Una consapevolezza raggelante. Robert Baratheon era stato più forte di lui, questo era certo. E anche Gerold Hightower, il Toro Bianco, nei suoi giorni di gloria. E ser Arthur Dayne, la Spada dell’alba. E tra i vivi, Grande Jon Umber era più forte di lui, e anche il Cinghiale Selvaggio di Crakehall, e di sicuro entrambi i fratelli Clegane. La forza della Montagna che cavalca era oltre l’umano. Ma nulla di tutto questo aveva importanza. Con la velocità, con la bravura, Jaime era comunque in grado di batterli tutti, tutti quanti. Ma questa che aveva di fronte adesso era una donna. Un’immensa mucca di donna, d’accordo, ma anche così… a tutti gli effetti, avrebbe dovuto essere lei a cedere.
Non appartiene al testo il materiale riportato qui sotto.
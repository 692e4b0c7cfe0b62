//! The run that a satisfying assignment stands for.

ghost use Rattle.std.specs.Prelude.{◌≡◌, ℕ, ◌+◌, ◌-◌, ◌*◌, ◌^◌, ◌<◌, ◌≤◌, List, [], ◌∷◌, length, map, IfOk};
ghost use Rattle.lemma_checker.specs.Clauses.{assigned};
ghost use Rattle.unroll_cnf.specs.declared.latch_literal.LatchLiteral.{LatchLiteral};
ghost use Rattle.unroll_cnf.specs.Latches.{AreOfLatches};
ghost use Rattle.unroll_cnf.specs.Runs.{IsBaseRun, IsStepRun, IsKeepEdge};
ghost use Rattle.unroll_cnf.specs.Queries.{base_clauses, step_clauses, keep_clauses};
ghost use Rattle.unroll_cnf.specs.Meaning.{shifted, StandsFor, first_state, run_inputs, edges_of, HasSizes, IsQueryOf};

use crate::edges::first_variable;
use crate::places::{input_nodes, latch_nodes};
use crate::run::CircuitRun;
use gate_graph::Circuit;
use lemma_checker::answer::Satisfied;
use std::alloc::{AllocError, Global};
use std::vec::Vec;

/// The value of a variable.
fn value_of(values: &[bool], variable: usize) -> bool
    requires counted { 1 ≤ variable }
    ensures { result ≡ assigned values.now variable }
{
    values.get(variable - 1).copied().unwrap_or(false)
}

/// The values of these nodes at the edge where node 0 has the variable `first`.
fn values_at(
    alloc: Global,
    values: &[bool],
    places: &[u32],
    first: u32,
) -> Result<Vec<bool>, AllocError>
    requires counted { 1 ≤ first }
    ensures { IfOk result (λ v. v.items ≡ map (shifted (assigned values.now) first) places.now) }
{
    let mut list = Vec::new(alloc);
    for place in places {
        list.push(value_of(values, *place as usize + first as usize))?;
    }
    Ok(list)
}

/// The inputs of the first `edges` edges.
fn inputs_of(
    alloc: Global,
    circuit: &Circuit,
    edges: u32,
    values: &[bool],
) -> Result<Vec<Vec<bool>>, AllocError>
    requires few { edges ≤ 33 }
    ensures { IfOk result (λ v. map (λ x. x.items) v.items ≡ run_inputs circuit.now (assigned values.now) edges) }
{
    let places = input_nodes(alloc, circuit)?;
    let mut list = Vec::new(alloc);
    for t in 0..edges {
        let first = first_variable(circuit, t);
        let inputs = values_at(alloc, values, places.as_slice(), first)?;
        list.push(inputs)?;
    }
    Ok(list)
}

/// The first state.
fn start_of(alloc: Global, circuit: &Circuit, values: &[bool]) -> Result<Vec<bool>, AllocError>
    ensures { IfOk result (λ v. v.items ≡ first_state circuit.now (assigned values.now)) }
{
    let places = latch_nodes(alloc, circuit)?;
    let first = first_variable(circuit, 0);
    let start = values_at(alloc, values, places.as_slice(), first)?;
    Ok(start)
}

/// The state and the inputs that the values give.
fn read_run(
    alloc: Global,
    circuit: &Circuit,
    edges: u32,
    values: &[bool],
) -> Result<CircuitRun, AllocError>
    requires few { edges ≤ 33 }
    ensures start { IfOk result (λ r. r.start.items ≡ first_state circuit.now (assigned values.now)) }
    ensures inputs { IfOk result (λ r. edges_of r ≡ run_inputs circuit.now (assigned values.now) edges) }
{
    let start = start_of(alloc, circuit, values)?;
    let inputs = inputs_of(alloc, circuit, edges, values)?;
    Ok(CircuitRun { start, inputs })
}

/// The run of a query that the values of a satisfied query stand for: of `edges` edges, from the
/// start and bad at the last for a base query; from a state that meets the set, and bad first at the
/// last edge, for a step query; one edge to a state that doesn't meet the set for a keep query.
pub fn run_of(
    alloc: Global,
    circuit: &Circuit,
    edges: u32,
    model: &Satisfied,
) -> Result<CircuitRun, AllocError>
    requires some { 1 ≤ edges }
    requires few { edges ≤ 33 }
    requires query { IsQueryOf circuit.now edges model.now.formula.clauses }
    ensures run { IfOk result (λ r. StandsFor circuit.now (assigned model.now.values.items) r.start.items (edges_of r)) }
    ensures sizes { IfOk result (λ r. HasSizes circuit.now r) }
    ensures base { model.now.formula.clauses ≡ base_clauses circuit.now edges → IfOk result (λ r. IsBaseRun circuit.now edges r.start.items (edges_of r)) }
    ensures step { (set : List (List LatchLiteral)) (k : ℕ) → AreOfLatches (length circuit.now.latches.items) set → edges ≡ k + 1 → model.now.formula.clauses ≡ step_clauses circuit.now set k → IfOk result (λ r. IsStepRun circuit.now set k r.start.items (edges_of r)) }
    ensures keep { (set : List (List LatchLiteral)) → AreOfLatches (length circuit.now.latches.items) set → edges ≡ 1 → model.now.formula.clauses ≡ keep_clauses circuit.now set → IfOk result (λ r. IsKeepEdge circuit.now set r.start.items (edges_of r)) }
{
    let found = read_run(alloc, circuit, edges, model.values.as_slice())?;
    Ok(found)
}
Ma lei non stava affatto cedendo.

Il duello è deciso più dal caso che da altro, da una pietra che cede sotto il piede di Jaime, anche se probabilmente la conclusione sarebbe stata la stessa anche senza caduta. È difficile sfruttare le maggiori dori da spadaccino quando non ci si può muovere nel modo giusto per colpa di qualche fastidiosa catena.

Il duello ha un piccolo risvolto collaterale: i due fanno rumore e attirano i Guitti Sanguinari di Vargo Hoat, attualmente al servizio di Roose Bolton.

Il gruppo non fa distinzioni fra Jaime e Brienne, li prende entrambi prigionieri e si dirige verso Harrenhal. Jaime riesce a indurre i loro catturatori a non stuprare Brienne ma non può far nulla per proteggere sé stesso quando Hoat decide di voler mandare un messaggio a Tywin Lannister. Bleah!